• _Given data_
----

//! Calls of the library that ask for many actions, on their way.

ghost use Rattle.std.specs.Prelude.{◌≡◌, ◌<◌, List, Option, IfOk, IfErr, OnOk};
ghost use Rattle.block_layout.specs.declared.kind.Shape.{Shape};
ghost use Rattle.upc_values.specs.declared.action.Reply.{Reply};
ghost use Rattle.upc_values.specs.Expansion.{after_reply};
ghost use Rattle.upc_library.specs.layer.Walks.{rest, replies_left};
ghost use Rattle.collectives.specs.layer.Walks as together;
ghost use Rattle.upc_library.specs.layer.Wishes.{IsWish, RefusesSo, is_refusal, kind_read};
ghost use Rattle.stack_machine.specs.code.Calls.{left_of, turns_left, IsNearer};

use block_layout::{Kind, Shape};
use collectives::{CollWish, Collective};
use std::alloc::Global;
use upc_library::{CopyWish, Copying};
use upc_text::{OutOfMemory, Place};
use upc_values::{Refused, Reply};

/// A call on its way, reply by reply.
#[derive(Drop)]
pub(crate) enum Walk {
    Copying(Copying),
    Collective(Collective),
}

/// A call on its way, with its place in the source.
#[derive(Drop)]
pub(crate) struct OpenCall {
    pub(crate) walk: Walk,
    pub(crate) place: Place,
}

// No action of a memory call is refused.
fn is_refusal(reply: &Reply) -> bool
    ensures { result ≡ is_refusal reply.now }
{
    matches!(reply, Reply::Refused(_))
}

// A memory call is answered.
fn take_copied(copying: &mut Copying, reply: &Reply) -> Result<(), Refused>
    ensures rest { OnOk result (rest copying.new ≡ after_reply (rest copying.old) reply.now) }
    ensures refused { IfErr result (λ e. RefusesSo e (after_reply (rest copying.old) reply.now)) }
    ensures falls { OnOk result
        (0 < replies_left copying.old → replies_left copying.new < replies_left copying.old) }
{
    if is_refusal(reply) {
        return Err(Refused::Memory);
    }
    copying.take(reply);
    Ok(())
}

// What a collective call asks for, as a memory call would.
fn wish_together(collective: &Collective, alloc: Global) -> Result<CopyWish, OutOfMemory>
    ensures { IfOk result (λ w. (shapes : List Shape) → IsWish (together.rest shapes collective.now) w) }
{
    match collective.wish(alloc) {
        Ok(CollWish::Act(action)) => Ok(CopyWish::Act(action)),
        Ok(CollWish::Finished) => Ok(CopyWish::Finished),
        Err(_) => Err(OutOfMemory),
    }
}

// The kind of the cell that a collective call asks to read, None where it asks for anything else.
fn reads_together(collective: &Collective) -> Option<Kind>
    ensures { (shapes : List Shape) → result ≡ kind_read (together.rest shapes collective.now) }
{
    collective.reads()
}

// A collective call is answered.
fn take_together(
    collective: &mut Collective,
    alloc: Global,
    reply: &Reply,
    shapes: &[Shape],
) -> Result<(), Refused>
    ensures rest { OnOk result (together.rest shapes.now collective.new
        ≡ after_reply (together.rest shapes.now collective.old) reply.now) }
    ensures refused { IfErr result (λ e.
        RefusesSo e (after_reply (together.rest shapes.now collective.old) reply.now)) }
{
    match collective.take(alloc, reply, shapes) {
        Ok(()) => Ok(()),
        Err(e) => Err(e),
    }
}

impl Walk {
    /// What the call asks for next.
    pub(crate) fn wish(&self, alloc: Global) -> Result<CopyWish, OutOfMemory>
        ensures { IfOk result (λ w. (shapes : List Shape) → IsWish (left_of shapes self.now) w) }
    {
        match self {
            Walk::Copying(copying) => Ok(copying.wish()),
            Walk::Collective(collective) => wish_together(collective, alloc),
        }
    }

    /// The kind of the cell that the call asks to read in a shared object, None where it asks for anything else.
    pub(crate) fn reads(&self) -> Option<Kind>
        ensures { (shapes : List Shape) → result ≡ kind_read (left_of shapes self.now) }
    {
        match self {
            Walk::Copying(copying) => copying.reads(),
            Walk::Collective(collective) => reads_together(collective),
        }
    }

    /// What the call asked for is answered; `shapes` are the program's.
    pub(crate) fn take(
        &mut self,
        alloc: Global,
        reply: &Reply,
        shapes: &[Shape],
    ) -> Result<(), Refused>
        ensures rest { OnOk result
            (left_of shapes.now self.new ≡ after_reply (left_of shapes.now self.old) reply.now) }
        ensures refused { IfErr result (λ e. RefusesSo e (after_reply (left_of shapes.now self.old) reply.now)) }
        ensures falls { OnOk result ((before after : Option Reply) → IsNearer self.old before after
            → turns_left self.new after < turns_left self.old before) }
    {
        match self {
            Walk::Copying(copying) => take_copied(copying, reply),
            Walk::Collective(collective) => take_together(collective, alloc, reply, shapes),
        }
    }
}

----

• _Assignment_
Transcribe the entries above so that nothing in them differs from the original.

• _Answer_
//! Calls of the library that ask for many actions, on their way.

ghost use Rattle.std.specs.Prelude.{◌≡◌, ◌<◌, List, Option, IfOk, IfErr, OnOk};
ghost use Rattle.block_layout.specs.declared.kind.Shape.{Shape};
ghost use Rattle.upc_values.specs.declared.action.Reply.{Reply};
ghost use Rattle.upc_values.specs.Expansion.{after_reply};
ghost use Rattle.upc_library.specs.layer.Walks.{rest, replies_left};
ghost use Rattle.collectives.specs.layer.Walks as together;
ghost use Rattle.upc_library.specs.layer.Wishes.{IsWish, RefusesSo, is_refusal, kind_read};
ghost use Rattle.stack_machine.specs.code.Calls.{left_of, turns_left, IsNearer};

use block_layout::{Kind, Shape};
use collectives::{CollWish, Collective};
use std::alloc::Global;
use upc_library::{CopyWish, Copying};
use upc_text::{OutOfMemory, Place};
use upc_values::{Refused, Reply};

/// A call on its way, reply by reply.
#[derive(Drop)]
pub(crate) enum Walk {
    Copying(Copying),
    Collective(Collective),
}

/// A call on its way, with its place in the source.
#[derive(Drop)]
pub(crate) struct OpenCall {
    pub(crate) walk: Walk,
    pub(crate) place: Place,
}

// No action of a memory call is refused.
fn is_refusal(reply: &Reply) -> bool
    ensures { result ≡ is_refusal reply.now }
{
    matches!(reply, Reply::Refused(_))
}

// A memory call is answered.
fn take_copied(copying: &mut Copying, reply: &Reply) -> Result<(), Refused>
    ensures rest { OnOk result (rest copying.new ≡ after_reply (rest copying.old) reply.now) }
    ensures refused { IfErr result (λ e. RefusesSo e (after_reply (rest copying.old) reply.now)) }
    ensures falls { OnOk result
        (0 < replies_left copying.old → replies_left copying.new < replies_left copying.old) }
{
    if is_refusal(reply) {
        return Err(Refused::Memory);
    }
    copying.take(reply);
    Ok(())
}

// What a collective call asks for, as a memory call would.
fn wish_together(collective: &Collective, alloc: Global) -> Result<CopyWish, OutOfMemory>
    ensures { IfOk result (λ w. (shapes : List Shape) → IsWish (together.rest shapes collective.now) w) }
{
    match collective.wish(alloc) {
        Ok(CollWish::Act(action)) => Ok(CopyWish::Act(action)),
        Ok(CollWish::Finished) => Ok(CopyWish::Finished),
        Err(_) => Err(OutOfMemory),
    }
}

// The kind of the cell that a collective call asks to read, None where it asks for anything else.
fn reads_together(collective: &Collective) -> Option<Kind>
    ensures { (shapes : List Shape) → result ≡ kind_read (together.rest shapes collective.now) }
{
    collective.reads()
}

// A collective call is answered.
fn take_together(
    collective: &mut Collective,
    alloc: Global,
    reply: &Reply,
    shapes: &[Shape],
) -> Result<(), Refused>
    ensures rest { OnOk result (together.rest shapes.now collective.new
        ≡ after_reply (together.rest shapes.now collective.old) reply.now) }
    ensures refused { IfErr result (λ e.
        RefusesSo e (after_reply (together.rest shapes.now collective.old) reply.now)) }
{
    match collective.take(alloc, reply, shapes) {
        Ok(()) => Ok(()),
        Err(e) => Err(e),
    }
}

impl Walk {
    /// What the call asks for next.
    pub(crate) fn wish(&self, alloc: Global) -> Result<CopyWish, OutOfMemory>
        ensures { IfOk result (λ w. (shapes : List Shape) → IsWish (left_of shapes self.now) w) }
    {
        match self {
            Walk::Copying(copying) => Ok(copying.wish()),
            Walk::Collective(collective) => wish_together(collective, alloc),
        }
    }

    /// The kind of the cell that the call asks to read in a shared object, None where it asks for anything else.
    pub(crate) fn reads(&self) -> Option<Kind>
        ensures { (shapes : List Shape) → result ≡ kind_read (left_of shapes self.now) }
    {
        match self {
            Walk::Copying(copying) => copying.reads(),
            Walk::Collective(collective) => reads_together(collective),
        }
    }

    /// What the call asked for is answered; `shapes` are the program's.
    pub(crate) fn take(
        &mut self,
        alloc: Global,
        reply: &Reply,
        shapes: &[Shape],
    ) -> Result<(), Refused>
        ensures rest { OnOk result
            (left_of shapes.now self.new ≡ after_reply (left_of shapes.now self.old) reply.now) }
        ensures refused { IfErr result (λ e. RefusesSo e (after_reply (left_of shapes.now self.old) reply.now)) }
        ensures falls { OnOk result ((before after : Option Reply) → IsNearer self.old before after
            → turns_left self.new after < turns_left self.old before) }
    {
        match self {
            Walk::Copying(copying) => take_copied(copying, reply),
            Walk::Collective(collective) => take_together(collective, alloc, reply, shapes),
        }
    }
}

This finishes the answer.